PROBLEM DETAILS: Whenever a line below mentions the word "type", that line should be copied.
RECORDS TO USE Block Start
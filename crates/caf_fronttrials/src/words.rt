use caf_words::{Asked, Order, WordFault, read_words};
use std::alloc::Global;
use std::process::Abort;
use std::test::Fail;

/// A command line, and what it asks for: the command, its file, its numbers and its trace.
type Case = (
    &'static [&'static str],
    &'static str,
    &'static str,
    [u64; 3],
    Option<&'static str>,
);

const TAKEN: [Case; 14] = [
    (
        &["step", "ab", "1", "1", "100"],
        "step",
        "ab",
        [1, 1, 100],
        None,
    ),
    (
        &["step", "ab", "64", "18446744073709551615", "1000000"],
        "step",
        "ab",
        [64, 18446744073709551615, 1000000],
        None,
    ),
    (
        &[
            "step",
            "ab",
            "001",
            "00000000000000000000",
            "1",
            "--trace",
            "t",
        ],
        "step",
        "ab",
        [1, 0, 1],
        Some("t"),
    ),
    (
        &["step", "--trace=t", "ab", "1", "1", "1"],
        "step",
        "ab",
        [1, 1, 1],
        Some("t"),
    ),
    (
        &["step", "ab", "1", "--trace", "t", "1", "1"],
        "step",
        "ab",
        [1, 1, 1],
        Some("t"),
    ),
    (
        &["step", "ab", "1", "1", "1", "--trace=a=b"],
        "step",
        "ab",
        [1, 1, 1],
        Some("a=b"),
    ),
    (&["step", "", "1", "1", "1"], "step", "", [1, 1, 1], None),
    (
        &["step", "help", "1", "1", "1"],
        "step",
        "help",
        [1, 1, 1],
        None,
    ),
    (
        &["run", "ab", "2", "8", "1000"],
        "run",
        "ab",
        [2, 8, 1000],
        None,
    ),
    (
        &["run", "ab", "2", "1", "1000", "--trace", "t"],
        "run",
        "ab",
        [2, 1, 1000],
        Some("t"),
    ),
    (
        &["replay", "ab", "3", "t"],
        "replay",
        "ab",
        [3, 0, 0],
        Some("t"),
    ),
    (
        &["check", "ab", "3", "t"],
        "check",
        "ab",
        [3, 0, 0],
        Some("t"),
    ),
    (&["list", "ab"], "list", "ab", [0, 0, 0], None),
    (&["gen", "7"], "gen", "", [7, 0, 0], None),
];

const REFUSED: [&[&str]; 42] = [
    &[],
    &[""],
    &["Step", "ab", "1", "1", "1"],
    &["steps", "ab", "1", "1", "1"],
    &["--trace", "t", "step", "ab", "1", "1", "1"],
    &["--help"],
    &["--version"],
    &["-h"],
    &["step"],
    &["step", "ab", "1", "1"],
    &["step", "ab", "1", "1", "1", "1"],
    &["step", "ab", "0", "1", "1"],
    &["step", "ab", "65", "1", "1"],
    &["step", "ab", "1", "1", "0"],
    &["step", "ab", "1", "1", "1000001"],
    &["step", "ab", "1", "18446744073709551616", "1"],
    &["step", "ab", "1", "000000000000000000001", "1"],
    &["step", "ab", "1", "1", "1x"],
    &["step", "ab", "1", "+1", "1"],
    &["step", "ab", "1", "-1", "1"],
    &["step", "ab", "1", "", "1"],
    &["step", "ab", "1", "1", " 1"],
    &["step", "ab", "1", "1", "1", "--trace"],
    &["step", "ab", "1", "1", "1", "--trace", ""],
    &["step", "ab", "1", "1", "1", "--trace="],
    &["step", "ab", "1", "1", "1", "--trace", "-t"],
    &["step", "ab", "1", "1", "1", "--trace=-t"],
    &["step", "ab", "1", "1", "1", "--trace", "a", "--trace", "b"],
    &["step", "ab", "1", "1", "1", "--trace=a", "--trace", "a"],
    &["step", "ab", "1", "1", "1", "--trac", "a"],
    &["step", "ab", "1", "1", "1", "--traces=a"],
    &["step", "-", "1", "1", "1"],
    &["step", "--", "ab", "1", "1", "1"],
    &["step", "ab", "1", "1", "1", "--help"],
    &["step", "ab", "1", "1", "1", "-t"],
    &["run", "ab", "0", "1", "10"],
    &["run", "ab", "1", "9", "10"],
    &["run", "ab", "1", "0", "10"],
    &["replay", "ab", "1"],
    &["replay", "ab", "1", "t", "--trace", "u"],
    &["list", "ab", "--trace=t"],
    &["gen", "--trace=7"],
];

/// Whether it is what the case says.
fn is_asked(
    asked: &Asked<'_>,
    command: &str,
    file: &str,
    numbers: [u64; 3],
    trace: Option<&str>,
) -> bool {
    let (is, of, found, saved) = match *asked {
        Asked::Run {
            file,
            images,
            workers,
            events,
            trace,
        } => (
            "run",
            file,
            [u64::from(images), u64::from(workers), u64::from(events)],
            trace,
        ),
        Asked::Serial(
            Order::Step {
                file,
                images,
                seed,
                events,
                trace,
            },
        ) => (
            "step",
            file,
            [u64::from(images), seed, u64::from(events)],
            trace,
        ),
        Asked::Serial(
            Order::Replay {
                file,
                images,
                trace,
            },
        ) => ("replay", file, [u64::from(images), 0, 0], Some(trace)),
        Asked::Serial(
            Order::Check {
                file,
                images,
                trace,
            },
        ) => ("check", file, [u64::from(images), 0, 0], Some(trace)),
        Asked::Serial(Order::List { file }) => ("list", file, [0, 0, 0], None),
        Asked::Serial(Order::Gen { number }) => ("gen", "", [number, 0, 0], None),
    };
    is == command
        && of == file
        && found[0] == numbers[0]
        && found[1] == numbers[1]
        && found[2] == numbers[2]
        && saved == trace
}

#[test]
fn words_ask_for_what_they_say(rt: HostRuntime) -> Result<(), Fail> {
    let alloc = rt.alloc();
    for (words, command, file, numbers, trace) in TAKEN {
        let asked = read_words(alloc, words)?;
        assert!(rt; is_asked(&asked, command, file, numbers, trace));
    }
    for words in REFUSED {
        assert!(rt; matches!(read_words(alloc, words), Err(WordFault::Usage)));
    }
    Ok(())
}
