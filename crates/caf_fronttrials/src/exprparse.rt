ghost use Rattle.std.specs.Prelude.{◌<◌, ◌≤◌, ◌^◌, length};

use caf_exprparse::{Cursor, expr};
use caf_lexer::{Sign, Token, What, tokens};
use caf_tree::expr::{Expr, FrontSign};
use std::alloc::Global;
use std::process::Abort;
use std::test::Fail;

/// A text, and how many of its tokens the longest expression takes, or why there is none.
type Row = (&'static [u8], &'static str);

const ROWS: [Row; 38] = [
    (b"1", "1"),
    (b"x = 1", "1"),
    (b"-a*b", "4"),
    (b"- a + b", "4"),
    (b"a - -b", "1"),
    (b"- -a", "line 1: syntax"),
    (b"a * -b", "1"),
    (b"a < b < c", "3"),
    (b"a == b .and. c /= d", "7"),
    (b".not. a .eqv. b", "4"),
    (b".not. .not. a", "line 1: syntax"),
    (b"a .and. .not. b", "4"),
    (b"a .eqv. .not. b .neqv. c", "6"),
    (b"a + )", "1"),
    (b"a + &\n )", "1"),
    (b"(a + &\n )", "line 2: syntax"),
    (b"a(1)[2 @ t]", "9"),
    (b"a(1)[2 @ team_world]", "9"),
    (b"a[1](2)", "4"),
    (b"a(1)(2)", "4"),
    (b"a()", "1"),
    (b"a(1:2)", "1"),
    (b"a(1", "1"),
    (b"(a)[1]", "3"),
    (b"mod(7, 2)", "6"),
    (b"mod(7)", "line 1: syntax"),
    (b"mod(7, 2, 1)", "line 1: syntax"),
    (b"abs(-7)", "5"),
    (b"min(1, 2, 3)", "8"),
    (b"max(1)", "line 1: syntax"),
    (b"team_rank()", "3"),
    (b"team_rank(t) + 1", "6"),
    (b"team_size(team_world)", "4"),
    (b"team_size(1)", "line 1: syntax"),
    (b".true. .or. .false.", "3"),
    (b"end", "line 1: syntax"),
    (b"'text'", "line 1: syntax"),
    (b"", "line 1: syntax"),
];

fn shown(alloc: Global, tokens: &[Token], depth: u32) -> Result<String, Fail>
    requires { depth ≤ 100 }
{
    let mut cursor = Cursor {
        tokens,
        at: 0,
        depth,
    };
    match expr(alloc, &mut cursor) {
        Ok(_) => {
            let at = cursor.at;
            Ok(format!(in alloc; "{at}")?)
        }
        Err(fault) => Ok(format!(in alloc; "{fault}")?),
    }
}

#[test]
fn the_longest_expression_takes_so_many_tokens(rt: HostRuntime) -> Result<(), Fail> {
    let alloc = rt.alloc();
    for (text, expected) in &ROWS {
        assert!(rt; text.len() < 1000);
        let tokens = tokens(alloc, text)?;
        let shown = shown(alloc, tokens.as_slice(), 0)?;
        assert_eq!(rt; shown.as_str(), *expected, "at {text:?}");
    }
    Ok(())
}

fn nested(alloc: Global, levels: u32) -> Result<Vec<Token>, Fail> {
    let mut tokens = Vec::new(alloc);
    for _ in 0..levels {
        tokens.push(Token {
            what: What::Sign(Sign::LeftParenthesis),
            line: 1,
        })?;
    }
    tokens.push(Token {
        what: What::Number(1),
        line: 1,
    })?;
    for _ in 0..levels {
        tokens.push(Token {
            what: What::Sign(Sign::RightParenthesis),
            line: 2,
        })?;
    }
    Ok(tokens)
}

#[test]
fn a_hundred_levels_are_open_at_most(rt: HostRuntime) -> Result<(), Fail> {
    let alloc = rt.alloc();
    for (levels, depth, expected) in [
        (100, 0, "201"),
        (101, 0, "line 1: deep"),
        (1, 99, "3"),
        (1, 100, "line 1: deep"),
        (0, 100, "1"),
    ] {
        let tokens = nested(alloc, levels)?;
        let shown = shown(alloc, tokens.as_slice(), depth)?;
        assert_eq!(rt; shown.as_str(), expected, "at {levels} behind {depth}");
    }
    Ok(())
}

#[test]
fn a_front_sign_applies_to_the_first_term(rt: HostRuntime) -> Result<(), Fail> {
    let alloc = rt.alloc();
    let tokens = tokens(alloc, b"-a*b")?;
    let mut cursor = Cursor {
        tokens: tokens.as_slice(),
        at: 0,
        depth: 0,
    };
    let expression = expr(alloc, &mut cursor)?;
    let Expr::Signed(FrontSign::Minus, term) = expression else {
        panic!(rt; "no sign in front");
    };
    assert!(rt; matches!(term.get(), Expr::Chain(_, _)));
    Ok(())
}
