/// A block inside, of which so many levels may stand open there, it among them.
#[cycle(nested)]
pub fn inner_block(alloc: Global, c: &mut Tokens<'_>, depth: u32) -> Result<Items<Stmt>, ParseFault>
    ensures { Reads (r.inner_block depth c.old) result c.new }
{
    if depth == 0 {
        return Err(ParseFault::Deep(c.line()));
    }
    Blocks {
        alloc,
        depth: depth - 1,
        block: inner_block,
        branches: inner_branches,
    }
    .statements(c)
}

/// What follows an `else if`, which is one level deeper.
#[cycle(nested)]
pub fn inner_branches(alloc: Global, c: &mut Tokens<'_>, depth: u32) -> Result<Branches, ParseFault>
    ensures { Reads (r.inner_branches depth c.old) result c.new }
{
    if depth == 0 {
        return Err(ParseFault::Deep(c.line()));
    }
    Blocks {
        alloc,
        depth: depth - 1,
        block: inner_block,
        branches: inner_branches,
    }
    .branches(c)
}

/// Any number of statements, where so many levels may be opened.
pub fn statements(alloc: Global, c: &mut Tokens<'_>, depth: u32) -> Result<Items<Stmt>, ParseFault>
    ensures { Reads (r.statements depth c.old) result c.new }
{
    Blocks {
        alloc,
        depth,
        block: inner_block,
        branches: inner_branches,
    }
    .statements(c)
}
RECORDS TO USE Block End
RESPONSE BELOW:
type Case = (
type Row = (&'static [u8], &'static str);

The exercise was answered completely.